Handling special materials means safety always ranks at the top. Tetrafluoropyridine isn’t exempt. Proper training helps keep incidents rare, and with increasing familiarity comes confidence. I saw this play out in process plants where technicians moved from neutralizing simple pyridine to handling this fluorinated version; short refresher sessions helped, and the new handling protocols didn’t slow production down for long. Good ventilation, suitable gloves, and basic familiarity keep things running safely. Once teams build trust in the material, fear drops off.
Demand for specialty heterocycles continues to rise, especially as advanced electronics, medicines, and agricultural products grow in complexity. The move toward more stable, cost-effective, and predictable intermediates makes pyridine, 2,3,5,6-tetrafluoro- well-placed for success. Its unique mix of lowered reactivity, chemical stability, and controlled behavior have cemented it as a go-to molecule in more than one corner of industry.
Even as sustainability standards keep getting tighter, the compound’s stability and limited volatility provide an environmental leg-up. As manufacturing practices evolve, I expect new, greener fluorination routes to push production costs down further. Investment in recycling and recovery systems for fluorinated reagents already shows promise, reducing waste fees and allowing some plants to reclaim or reuse spent material rather than send it offsite. That shift makes a real difference both for bottom-line budgets and community relations.

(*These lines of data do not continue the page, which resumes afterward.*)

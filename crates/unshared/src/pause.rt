// Why an instruction doesn't go on now, and the replies that it got.
ghost use Rattle.std.specs.Prelude.{◌≡◌, Bool, Option};
ghost use Rattle.store_object.specs.declared.reply.Reply.{Reply};
ghost use Rattle.unshared.specs.Silent.{Gives};
ghost use Rattle.unshared.specs.Talk.{Talks, are_used, asks, asks_object, asks_kind, asks_word, asks_thread, asks_ended, asks_done, stops, object_in, kind_in, word_in, thread_in, ended_in, done_in, is_stopped, over_with};

use mn_outside::NoMemory;
use std::marker::Model;
use store_object::{Cause, Reply, Request};

/// Why an instruction halts: it makes a request, its thread is over, there is no rule, or a number names no type yet.
#[derive(Clone, Copy)]
pub(crate) enum Halt {
    Asks(Request),
    Over,
    Stuck,
    Unnamed,
}

/// Why an instruction doesn't go on. Want of memory is free.
#[derive(Clone, Copy)]
pub(crate) enum Pause {
    Halts(Halt),
    NoMemory,
}

impl From<NoMemory> for Pause {
    ghost use Rattle.unshared.specs.declared.pause.Pause.TheVariants as pause;

    ghost from_gives = { λ _ e. e ≡ pause.NoMemory };

    fn from(_none: NoMemory) -> Pause {
        Pause::NoMemory
    }
}

// The number of an object.
fn object_in(reply: Reply) -> Result<u32, Pause>
    ensures { Gives (λ number. number) (object_in reply) result }
{
    match reply {
        Reply::Object(number) => Ok(number),
        _ => Err(Pause::Halts(Halt::Stuck)),
    }
}

// The number of a type.
fn kind_in(reply: Reply) -> Result<u32, Pause>
    ensures { Gives (λ number. number) (kind_in reply) result }
{
    match reply {
        Reply::Kind(number) => Ok(number),
        _ => Err(Pause::Halts(Halt::Stuck)),
    }
}

// A word, or a length.
fn word_in(reply: Reply) -> Result<u64, Pause>
    ensures { Gives (λ word. word) (word_in reply) result }
{
    match reply {
        Reply::Word(word) => Ok(word),
        _ => Err(Pause::Halts(Halt::Stuck)),
    }
}

// The number of a thread.
fn thread_in(reply: Reply) -> Result<u32, Pause>
    ensures { Gives (λ number. number) (thread_in reply) result }
{
    match reply {
        Reply::Thread(number) => Ok(number),
        _ => Err(Pause::Halts(Halt::Stuck)),
    }
}

// Whether a thread has finished, if there is such a thread.
fn ended_in(reply: Reply) -> Result<Option<bool>, Pause>
    ensures { Gives (λ (ended : Option Bool). ended) (ended_in reply) result }
{
    match reply {
        Reply::Ended(has_finished) => Ok(Some(has_finished)),
        Reply::Unknown => Ok(None),
        _ => Err(Pause::Halts(Halt::Stuck)),
    }
}

fn done_in(reply: Reply) -> Result<(), Pause>
    ensures { Gives (λ nothing. nothing) (done_in reply) result }
{
    match reply {
        Reply::Done => Ok(()),
        _ => Err(Pause::Halts(Halt::Stuck)),
    }
}

// Whether the run has stopped at a limit.
fn is_stopped(reply: Reply) -> bool
    ensures { result ≡ is_stopped reply }
{
    match reply {
        Reply::Stopped(_) => true,
        _ => false,
    }
}

/// The replies that an instruction got and hasn't used yet, in order.
#[derive(Drop)]
pub(crate) struct Replies<'a> {
    rest: &'a [Reply],
}

impl<'a> Model for Replies<'a> {
    ghost use Rattle.std.specs.Prelude.{List};
    ghost use Rattle.store_object.specs.declared.reply.Reply.{Reply};

    ghost Value = { List Reply };

    ghost view = { λ r. r.rest.now };
}

impl<'a> Replies<'a> {
    pub(crate) fn of(rest: &'a [Reply]) -> Replies<'a>
        ensures { result ≡ rest.now }
    {
        Replies { rest }
    }

    /// Whether all were used.
    pub(crate) fn are_used(&self) -> bool
        ensures { result ≡ are_used self.now }
    {
        match self.rest {
            [] => true,
            [_, ..] => false,
        }
    }

    /// The thread is over; with replies left there is no rule.
    pub(crate) fn over(&self) -> Halt
        ensures { result ≡ over_with self.now }
    {
        match self.rest {
            [] => Halt::Over,
            [_, ..] => Halt::Stuck,
        }
    }

    /// The reply to a request: the next one, or else the request is made.
    pub(crate) fn ask(&mut self, request: Request) -> Result<Reply, Pause>
        ensures { Talks (λ reply. reply) (asks request self.old) result self.new }
    {
        match self.rest {
            [reply, rest @ ..] => {
                self.rest = rest;
                Ok(*reply)
            }
            [] => Err(Pause::Halts(Halt::Asks(request))),
        }
    }

    /// An object's number; at a limit of the heap the thread is over.
    #[tactic(auto, unfolding(crate::specs::Talk::asks_object))]
    pub(crate) fn object(&mut self, request: Request) -> Result<u32, Pause>
        ensures { Talks (λ number. number) (asks_object request self.old) result self.new }
    {
        let reply = self.ask(request)?;
        if is_stopped(reply) {
            return Err(Pause::Halts(self.over()));
        }
        Ok(object_in(reply)?)
    }

    /// The number of an exact type.
    #[tactic(auto, unfolding(crate::specs::Talk::asks_kind))]
    pub(crate) fn kind(&mut self, request: Request) -> Result<u32, Pause>
        ensures { Talks (λ number. number) (asks_kind request self.old) result self.new }
    {
        let reply = self.ask(request)?;
        Ok(kind_in(reply)?)
    }

    /// A word, or a length.
    #[tactic(auto, unfolding(crate::specs::Talk::asks_word))]
    pub(crate) fn word(&mut self, request: Request) -> Result<u64, Pause>
        ensures { Talks (λ word. word) (asks_word request self.old) result self.new }
    {
        let reply = self.ask(request)?;
        Ok(word_in(reply)?)
    }

    /// The number of a thread; at the limit of threads the thread is over.
    #[tactic(auto, unfolding(crate::specs::Talk::asks_thread))]
    pub(crate) fn thread(&mut self, request: Request) -> Result<u32, Pause>
        ensures { Talks (λ number. number) (asks_thread request self.old) result self.new }
    {
        let reply = self.ask(request)?;
        if is_stopped(reply) {
            return Err(Pause::Halts(self.over()));
        }
        Ok(thread_in(reply)?)
    }

    /// Whether a thread has finished; None where there is no such thread.
    #[tactic(auto, unfolding(crate::specs::Talk::asks_ended))]
    pub(crate) fn ended(&mut self, request: Request) -> Result<Option<bool>, Pause>
        ensures { Talks (λ (ended : Option Bool). ended) (asks_ended request self.old) result self.new }
    {
        let reply = self.ask(request)?;
        Ok(ended_in(reply)?)
    }

    #[tactic(auto, unfolding(crate::specs::Talk::asks_done))]
    pub(crate) fn done(&mut self, request: Request) -> Result<(), Pause>
        ensures { Talks (λ nothing. nothing) (asks_done request self.old) result self.new }
    {
        let reply = self.ask(request)?;
        Ok(done_in(reply)?)
    }

    /// Stops the run at a limit.
    #[tactic(auto, unfolding(crate::specs::Talk::stops))]
    pub(crate) fn stop(&mut self, cause: Cause) -> Result<(), Pause>
        ensures { Talks (λ nothing. nothing) (stops cause self.old) result self.new }
    {
        let reply = self.ask(Request::Stop { cause })?;
        if is_stopped(reply) {
            return Err(Pause::Halts(self.over()));
        }
        Err(Pause::Halts(Halt::Stuck))
    }
}
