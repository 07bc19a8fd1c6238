// What stands at the front of bytes.
ghost use Rattle.std.specs.Prelude.{◌≡◌, ◌≤◌, ◌∷◌, [], length, Some, IfOk, IfErr};
ghost use Rattle.il_text.specs.Spelling.{spells};
ghost use Rattle.il_text.specs.Faults.{longest_front, gap_len, cause_of, no_token_cause};
ghost use Rattle.il_text.specs.Fronts.{kind_for, limit_cause_of, HasToken, HasFront};

use crate::bytes::{is_digit, is_word_start};
use crate::fault::TextCause;
use crate::lengths::{gap_len, mark_len, number_len, text_len, variable_len, word_len};
use crate::limits::is_within_limit;
use crate::token::TokenKind;

// A blank or a comment, without a kind, or a token; and its length.
#[derive(Clone, Copy)]
pub(crate) struct Front {
    pub kind: Option<TokenKind>,
    pub len: usize,
}

// The one kind of token that a byte may begin.
fn kind_for(first: u8) -> TokenKind
    ensures { result ≡ kind_for first }
{
    if is_word_start(first) {
        TokenKind::Word
    } else if first == b'!' {
        TokenKind::Variable
    } else if is_digit(first) || first == b'-' {
        TokenKind::Number
    } else if first == b'"' {
        TokenKind::Text
    } else {
        TokenKind::Mark
    }
}

// The length of the token of a kind in front, or 0.
fn len_of(kind: TokenKind, bytes: &[u8]) -> usize
    ensures value { result ≡ longest_front (spells kind) (length bytes.now) bytes.now }
    ensures inside { result ≤ length bytes.now }
{
    match kind {
        TokenKind::Word => word_len(bytes),
        TokenKind::Variable => variable_len(bytes),
        TokenKind::Number => number_len(bytes),
        TokenKind::Text => text_len(bytes),
        TokenKind::Mark => mark_len(bytes),
    }
}

// Why no token begins at a byte.
fn no_token_cause(first: u8) -> TextCause
    ensures { result ≡ no_token_cause (first ∷ []) }
{
    if first == b'"' {
        TextCause::BadLiteral
    } else {
        TextCause::BadByte
    }
}

// Why a token past its kind's limit is refused.
fn limit_cause(kind: TokenKind) -> TextCause
    ensures { result ≡ limit_cause_of kind }
{
    match kind {
        TokenKind::Word => TextCause::LongName,
        TokenKind::Variable | TokenKind::Number | TokenKind::Text | TokenKind::Mark =>
            TextCause::BadLiteral,
    }
}

// The token in front, where no blank and no comment stands there.
fn token_at(bytes: &[u8]) -> Result<(TokenKind, usize), TextCause>
    requires { gap_len bytes.now ≡ 0 }
    ensures ok { IfOk result (λ found. HasToken bytes.now found.0 found.1) }
    ensures err { IfErr result (λ cause. cause_of bytes.now ≡ Some cause) }
{
    let Some((first, _)) = bytes.split_first() else {
        return Err(TextCause::BadByte);
    };
    let kind = kind_for(*first);
    let len = len_of(kind, bytes);
    if len == 0 {
        return Err(no_token_cause(*first));
    }
    let (token, _) = bytes.split_at(len);
    if is_within_limit(kind, token) {
        Ok((kind, len))
    } else {
        Err(limit_cause(kind))
    }
}

// What stands in front.
pub(crate) fn front_of(bytes: &[u8]) -> Result<Front, TextCause>
    ensures ok { IfOk result (λ front. HasFront bytes.now front.kind front.len) }
    ensures err { IfErr result (λ cause. cause_of bytes.now ≡ Some cause) }
{
    let len = gap_len(bytes);
    if len > 0 {
        return Ok(Front { kind: None, len });
    }
    let (kind, len) = token_at(bytes)?;
    Ok(Front {
        kind: Some(kind),
        len,
    })
}
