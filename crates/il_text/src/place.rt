// Places as readers count them.

/// A place in a text. Lines and columns count from 1, and a column is one byte.
#[derive(Clone, Copy, Debug, PartialEq, Eq)]
pub struct Spot {
    pub line: u32,
    pub column: u32,
}
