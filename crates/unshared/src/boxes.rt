// Boxes and casts. ECMA-335, Partition III.
ghost use Rattle.std.specs.Prelude.{◌≡◌};
ghost use Rattle.il_model.specs.ClassRules.{HasTypes};
ghost use Rattle.unshared.specs.Boxed.{reference_on, words_on, boxes_new, boxes_value, stays, boxes, passes, casts, tests, unboxes_words, unboxes_exact, unboxes_value, unboxes};
ghost use Rattle.unshared.specs.Exacts.{the_exact};
ghost use Rattle.unshared.specs.Going.{did, Keeps};
ghost use Rattle.unshared.specs.Operands.{reference_at, pointer_at};
ghost use Rattle.unshared.specs.Forms.{the_pointer};
ghost use Rattle.unshared.specs.Silent.{Gives};
ghost use Rattle.unshared.specs.Talk.{Talks};

use crate::exact::{Exact, spells, types};
use crate::fault::Fault;
use crate::frames::{Done, Frames};
use crate::memory::{loads, saves};
use crate::operands::{as_object, as_pointer, as_reference};
use crate::pause::{Pause, Replies};
use crate::trees::Trees;
use crate::types::{keeps, kind_of, passes_as};
use crate::value::{Pointer, Value, value_of};
use il_model::Program;
use std::alloc::Global;
use store_object::{Place, Request};
use type_inst::{is_reference, words_of};
use type_tree::TExpr;

/// The reference so far below the top.
#[tactic(auto, unfolding(crate::specs::Operands::reference_at))]
pub(crate) fn reference_at(frames: &Frames, below: usize) -> Result<u64, Pause>
    ensures { Gives (λ word. word) (reference_at frames.now below) result }
{
    let value = frames.value(below)?;
    Ok(as_reference(value)?)
}

/// The pointer so far below the top.
#[tactic(auto, unfolding(crate::specs::Operands::pointer_at))]
pub(crate) fn pointer_at(frames: &Frames, below: usize) -> Result<Pointer, Pause>
    ensures { Gives the_pointer (pointer_at frames.now below) result }
{
    let value = frames.value(below)?;
    Ok(as_pointer(value)?)
}

/// A reference in place of so many values.
pub(crate) fn reference_on(frames: &mut Frames, taken: usize, word: u64) -> Result<Done, Pause>
    ensures acts { Gives (did frames.new) (Ok (reference_on frames.old taken word)) result }
    ensures kept { Keeps result frames.old frames.new }
{
    Ok(frames.pushes(taken, Value::reference(word))?)
}

/// The words of a value of a type in place of so many values.
pub(crate) fn words_on(
    program: &Program,
    kind: &TExpr,
    frames: &mut Frames,
    taken: usize,
    words: Vec<u64>,
) -> Result<Done, Pause>
    ensures acts { Gives (did frames.new) (Ok (words_on program.now kind.now frames.old taken words.items)) result }
    ensures kept { Keeps result frames.old frames.new }
{
    let value = value_of(kind_of(program, kind), words);
    Ok(frames.pushes(taken, value)?)
}

/// A new box of the type with a number, holding these words.
#[tactic(auto, unfolding(crate::specs::Boxed::boxes_new))]
pub(crate) fn new_box(replies: &mut Replies<'_>, number: u32, words: &[u64]) -> Result<u32, Pause>
    ensures { Talks (λ object. object) (boxes_new number words.now replies.old) result replies.new }
{
    let object = replies.object(Request::Alloc {
        kind: number,
        length: 0,
        words: words.len() as u64,
    })?;
    saves(replies, words, Place::Object { object, index: 0 })?;
    Ok(object)
}

#[tactic(auto, unfolding(crate::specs::Boxed::boxes_value))]
fn box_value(
    alloc: Global,
    program: &Program,
    replies: &mut Replies<'_>,
    frames: &mut Frames,
    number: u32,
    kind: &TExpr,
) -> Result<Done, Pause>
    ensures acts { Talks (did frames.new) (boxes_value program.now number kind.now frames.old replies.old) result replies.new }
    ensures kept { Keeps result frames.old frames.new }
{
    let value = frames.value(0)?;
    let words = keeps(alloc, program, kind, value)?;
    let object = new_box(replies, number, words.as_slice())?;
    Ok(reference_on(frames, 1, u64::from(object))?)
}

#[tactic(auto, unfolding(crate::specs::Boxed::stays))]
fn stay(replies: &Replies<'_>, frames: &mut Frames) -> Result<Done, Pause>
    ensures acts { Talks (did frames.new) (stays frames.old replies.now) result replies.now }
    ensures kept { Keeps result frames.old frames.new }
{
    frames.value(0)?;
    Ok(frames.drops(0)?)
}

/// `box`, of the type with a number.
#[tactic(auto, unfolding(crate::specs::Boxed::boxes))]
pub(crate) fn put_in_box(
    alloc: Global,
    program: &Program,
    replies: &mut Replies<'_>,
    frames: &mut Frames,
    number: u32,
    kind: &TExpr,
) -> Result<Done, Pause>
    ensures acts { Talks (did frames.new) (boxes program.now number kind.now frames.old replies.old) result replies.new }
    ensures kept { Keeps result frames.old frames.new }
{
    if is_reference(program, kind) {
        Ok(stay(replies, frames)?)
    } else {
        Ok(box_value(alloc, program, replies, frames, number, kind)?)
    }
}

// Whether a reference passes as a type. Null passes.
#[tactic(auto, unfolding(crate::specs::Boxed::passes))]
fn passes(
    alloc: Global,
    program: &Program,
    trees: &Trees,
    replies: &mut Replies<'_>,
    word: u64,
    asked: &TExpr,
) -> Result<bool, Pause>
    requires { HasTypes program.now }
    ensures { Talks (λ passed. passed) (passes program.now trees.now.kinds asked.now word replies.old) result replies.new }
{
    if word == 0 {
        return Ok(true);
    }
    let exact = types(program, trees, replies, word)?;
    let exact = spells(alloc, trees, exact)?;
    Ok(passes_as(alloc, program, &exact, asked)?)
}

/// `castclass`.
#[tactic(auto, unfolding(crate::specs::Boxed::casts))]
pub(crate) fn cast(
    alloc: Global,
    program: &Program,
    trees: &Trees,
    replies: &mut Replies<'_>,
    frames: &mut Frames,
    kind: &TExpr,
) -> Result<Done, Pause>
    requires { HasTypes program.now }
    ensures acts { Talks (did frames.new) (casts program.now trees.now.kinds kind.now frames.old replies.old) result replies.new }
    ensures kept { Keeps result frames.old frames.new }
{
    let word = reference_at(frames, 0)?;
    if passes(alloc, program, trees, replies, word, kind)? {
        Ok(reference_on(frames, 1, word)?)
    } else {
        Ok(Done::Throws(Fault::InvalidCast))
    }
}

/// `isinst`.
#[tactic(auto, unfolding(crate::specs::Boxed::tests))]
pub(crate) fn test(
    alloc: Global,
    program: &Program,
    trees: &Trees,
    replies: &mut Replies<'_>,
    frames: &mut Frames,
    kind: &TExpr,
) -> Result<Done, Pause>
    requires { HasTypes program.now }
    ensures acts { Talks (did frames.new) (tests program.now trees.now.kinds kind.now frames.old replies.old) result replies.new }
    ensures kept { Keeps result frames.old frames.new }
{
    let word = reference_at(frames, 0)?;
    if passes(alloc, program, trees, replies, word, kind)? {
        Ok(reference_on(frames, 1, word)?)
    } else {
        Ok(reference_on(frames, 1, 0)?)
    }
}

#[tactic(auto, unfolding(crate::specs::Boxed::unboxes_words))]
fn unbox_words(
    alloc: Global,
    program: &Program,
    replies: &mut Replies<'_>,
    frames: &mut Frames,
    kind: &TExpr,
    word: u64,
) -> Result<Done, Pause>
    ensures acts { Talks (did frames.new) (unboxes_words program.now kind.now frames.old word replies.old) result replies.new }
    ensures kept { Keeps result frames.old frames.new }
{
    let object = as_object(word)?;
    let count = words_of(alloc, program, kind)?;
    let words = loads(alloc, replies, count, Place::Object { object, index: 0 })?;
    Ok(words_on(program, kind, frames, 1, words)?)
}

fn unbox_exact(
    alloc: Global,
    program: &Program,
    replies: &mut Replies<'_>,
    frames: &mut Frames,
    number: u32,
    kind: &TExpr,
    word: u64,
    exact: Exact,
) -> Result<Done, Pause>
    ensures acts { Talks (did frames.new) (unboxes_exact program.now number kind.now frames.old word (the_exact exact) replies.old) result replies.new }
    ensures kept { Keeps result frames.old frames.new }
{
    match exact {
        Exact::Text => Ok(Done::Throws(Fault::InvalidCast)),
        Exact::Numbered(own) => {
            if own == number {
                Ok(unbox_words(alloc, program, replies, frames, kind, word)?)
            } else {
                Ok(Done::Throws(Fault::InvalidCast))
            }
        }
    }
}

#[tactic(auto, unfolding(crate::specs::Boxed::unboxes_value))]
fn unbox_value(
    alloc: Global,
    program: &Program,
    trees: &Trees,
    replies: &mut Replies<'_>,
    frames: &mut Frames,
    number: u32,
    kind: &TExpr,
) -> Result<Done, Pause>
    ensures acts { Talks (did frames.new) (unboxes_value program.now trees.now.kinds number kind.now frames.old replies.old) result replies.new }
    ensures kept { Keeps result frames.old frames.new }
{
    let word = reference_at(frames, 0)?;
    if word == 0 {
        return Ok(Done::Throws(Fault::NullReference));
    }
    let exact = types(program, trees, replies, word)?;
    Ok(unbox_exact(alloc, program, replies, frames, number, kind, word, exact)?)
}

/// `unbox.any`, of the type with a number.
#[tactic(auto, unfolding(crate::specs::Boxed::unboxes))]
pub(crate) fn take_from_box(
    alloc: Global,
    program: &Program,
    trees: &Trees,
    replies: &mut Replies<'_>,
    frames: &mut Frames,
    number: u32,
    kind: &TExpr,
) -> Result<Done, Pause>
    requires { HasTypes program.now }
    ensures acts { Talks (did frames.new) (unboxes program.now trees.now.kinds number kind.now frames.old replies.old) result replies.new }
    ensures kept { Keeps result frames.old frames.new }
{
    if is_reference(program, kind) {
        Ok(cast(alloc, program, trees, replies, frames, kind)?)
    } else {
        Ok(unbox_value(alloc, program, trees, replies, frames, number, kind)?)
    }
}
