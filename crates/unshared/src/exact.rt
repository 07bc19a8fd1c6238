// The exact types of what references refer to.
ghost use Rattle.std.specs.Prelude.{◌≡◌, IfOk};
ghost use Rattle.unshared.specs.Exacts.{the_exact};
ghost use Rattle.unshared.specs.Memory.{string_of, exact_of, type_of};
ghost use Rattle.unshared.specs.Silent.{Gives};
ghost use Rattle.unshared.specs.Talk.{Talks};

use crate::pause::{Halt, Pause, Replies};
use crate::trees::Trees;
use il_model::Program;
use std::alloc::Global;
use store_object::Request;
use type_tree::{Head, TExpr};

/// The exact type of what a reference refers to: string, or the type with a number.
#[derive(Clone, Copy)]
pub(crate) enum Exact {
    Text,
    Numbered(u32),
}

/// Whether a word from 2^32 on names a string: a literal of the program, or the name of a type.
#[tactic(auto, unfolding(crate::specs::Memory::string_of))]
pub(crate) fn as_string(program: &Program, trees: &Trees, word: u64) -> Result<(), Pause>
    ensures { Gives (λ nothing. nothing) (string_of program.now trees.now.kinds word) result }
{
    if word < 8589934592 {
        let number = word.saturating_sub(4294967296);
        if number < program.literals.len() as u64 {
            return Ok(());
        }
        return Err(Pause::Halts(Halt::Stuck));
    }
    match trees.get(word - 8589934592) {
        Some(_) => Ok(()),
        None => Err(Pause::Halts(Halt::Unnamed)),
    }
}

/// The exact type of a reference that isn't null. A string word makes no request.
#[tactic(auto, unfolding(crate::specs::Memory::exact_of))]
pub(crate) fn types(
    program: &Program,
    trees: &Trees,
    replies: &mut Replies<'_>,
    word: u64,
) -> Result<Exact, Pause>
    ensures { Talks the_exact (exact_of program.now trees.now.kinds word replies.old) result replies.new }
{
    match u32::try_from(word) {
        Ok(object) => {
            let kind = replies.kind(Request::TypeOf { object })?;
            Ok(Exact::Numbered(kind))
        }
        Err(_) => {
            as_string(program, trees, word)?;
            Ok(Exact::Text)
        }
    }
}

/// The type itself.
pub(crate) fn spells(alloc: Global, trees: &Trees, exact: Exact) -> Result<TExpr, Pause>
    ensures { Gives (λ kind. kind) (type_of trees.now.kinds (the_exact exact)) result }
{
    match exact {
        Exact::Text => Ok(TExpr::plain(alloc, Head::Class(1))),
        Exact::Numbered(number) => match trees.get(u64::from(number)) {
            Some(kind) => match kind.copy(alloc) {
                Ok(copy) => Ok(copy),
                Err(_) => Err(Pause::NoMemory),
            },
            None => Err(Pause::Halts(Halt::Unnamed)),
        },
    }
}
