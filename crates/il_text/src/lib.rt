//! Assembly text as tokens with their places.
#![tactic(auto)]

mod bytes;
mod fault;
mod finding;
mod front;
mod lengths;
mod limits;
mod place;
mod scanning;
#[cfg(test)]
mod tests;
mod token;

pub use fault::{TextCause, TextFault};
pub use finding::spot;
pub use place::Spot;
pub use scanning::tokens;
pub use token::{Token, TokenKind};
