use crate::arithmetic::{checks, compared, converts, divides, shifts, turns, wraps};
use crate::arrays::{allocate, measure, read_element, write_element};
use crate::boxes::{cast, pointer_at, put_in_box, reference_at, take_from_box, test};
use crate::branches::{chooses, jumps_by, jumps_where, leaves};
use crate::calls::{
    allocates, builds, callee, calls_named, calls_object, calls_plainly, constrained, returns,
};
use crate::entries::entries_of;
use crate::exact::{Exact, types};
use crate::fault::Fault;
use crate::found::{field_named, has_slot, method_named, method_there};
use crate::frames::{Done, Frames, Thrown};
use crate::groups::{
    ArrayForm, BoxForm, BranchForm, CallForm, Group, LibraryForm, MemberForm, NumberForm,
    PlaceForm, StackForm, group_of,
};
use crate::library::{join, name, print, start, swap};
use crate::members::{
    FieldHere, clear_at, point_field, point_static, read_at, read_field, read_static, write_at,
    write_field, write_static,
};
use crate::mentions::settle_all;
use crate::operands::as_object;
use crate::pause::{Halt, Pause, Replies};
use crate::placing::{point, read, write};
use crate::search::{searches, throws};
use crate::trees::Trees;
use crate::types::put_type;
use crate::value::{Kind, Value};
use il_model::{FRef, MRef, MethodDef, Op, Program};
use std::alloc::Global;
use type_inst::{is_value, with_args_of};
use type_tree::TExpr;

fn int32_word(number: i32) -> u64
    ensures { result ≡ int32_word number }
{
    i64::from(number).cast_unsigned()
}

// Values on the stack alone.
fn stacks(alloc: Global, frames: &mut Frames, form: StackForm) -> Result<Done, Pause>
    ensures acts { Gives (did frames.new) (stacks (the_stack_form form) frames.old) result }
    ensures kept { Keeps result frames.old frames.new }
{
    match form {
        StackForm::Rests => Ok(frames.drops(0)?),
        StackForm::Copies => {
            let value = frames.value(0)?;
            let copy = value.copied(alloc)?;
            Ok(frames.pushes(0, copy)?)
        }
        StackForm::Drops => {
            frames.value(0)?;
            Ok(frames.drops(1)?)
        }
        StackForm::PushesInt32(number) => {
            Ok(frames.pushes(0, Value::int32(int32_word(number)))?)
        }
        StackForm::PushesInt64(number) => {
            let word = number.cast_unsigned();
            Ok(frames.pushes(0, Value::Word(Kind::Int64, word))?)
        }
        StackForm::PushesNull => Ok(frames.pushes(0, Value::reference(0))?),
        StackForm::PushesLiteral(number) => {
            let word = 4294967296 + u64::from(number);
            Ok(frames.pushes(0, Value::reference(word))?)
        }
    }
}
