// Why a text has no reading.

/// Why a text has no reading, in the order in which causes at one place are named.
#[derive(Clone, Copy, Debug, PartialEq, Eq)]
pub enum TextCause {
    /// The byte begins no token, blank or comment, or it isn't ASCII and stands in a comment.
    BadByte,
    /// A literal in quotes has no end, or a byte or an escape that isn't allowed; or a number is past 2^64 - 1.
    BadLiteral,
    /// A word has more than 255 bytes.
    LongName,
    /// The text has more than 4,194,304 bytes.
    TooLong,
}

/// The first place at which a text has no reading: the byte that begins nothing, or the start of the token that is
/// refused, in bytes from 0. TooLong is at 4,194,304.
#[derive(Clone, Copy, Debug, PartialEq, Eq)]
pub struct TextFault {
    pub offset: u32,
    pub cause: TextCause,
}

Innovation often depends on small wins—little changes that emerge from the right tool at the right moment. Pyridine, 2,3,5,6-tetrafluoro- finds its place through such wins daily. For every chemist in process development, every engineer commissioning a polymer line, or every regulatory manager tasked with pulling clean data from a mixed batch, this compound represents the result of decades’ worth of careful innovation and observation. It rewards attention with reliable performance and reduced surprises. Getting to know it better has shifted the way I plan experiments, shepherd projects, and troubleshoot production workflows.
No scientific product sells itself on theory alone—use in the lab, plant, or processing room cements its reputation. Tetrafluoropyridine stands tall beside this claim. I’ve witnessed it close the gap between uncertain results and scaled-up production, cut back environmental headaches, and simplify paperwork. The learning curve fades quickly; everyone from line chemists to purchasing officers understands its value after just a few rounds of use.
For buyers or process managers weighing up their options, experience says that investing in reliable intermediates pays off. Pick materials that behave the same, batch after batch, and the time spent firefighting or running troubleshooting meetings drops. That benefit becomes stark in multinational companies, where every delay has knock-on costs across continents. Pyridine, 2,3,5,6-tetrafluoro- builds trust in both bench and boardroom by backing up marketing claims with real-world performance.
On paper, chemicals like pyridine, 2,3,5,6-tetrafluoro- may resemble dozens of others. In practice, the subtle power of well-chosen modifications changes the shape of progress. Many intermediates promise easy syntheses, low costs, simple handling. Only a handful keep that promise through scale-up, through regulatory review, and through the day-to-day grind of commercial production. This tetrafluorinated pyridine delivers more than a line item on a procurement form; it’s a dependable piece of the systems that push industries forward. For me, and countless others working at the intersection of research and reality, it’s a small thing that makes a big difference.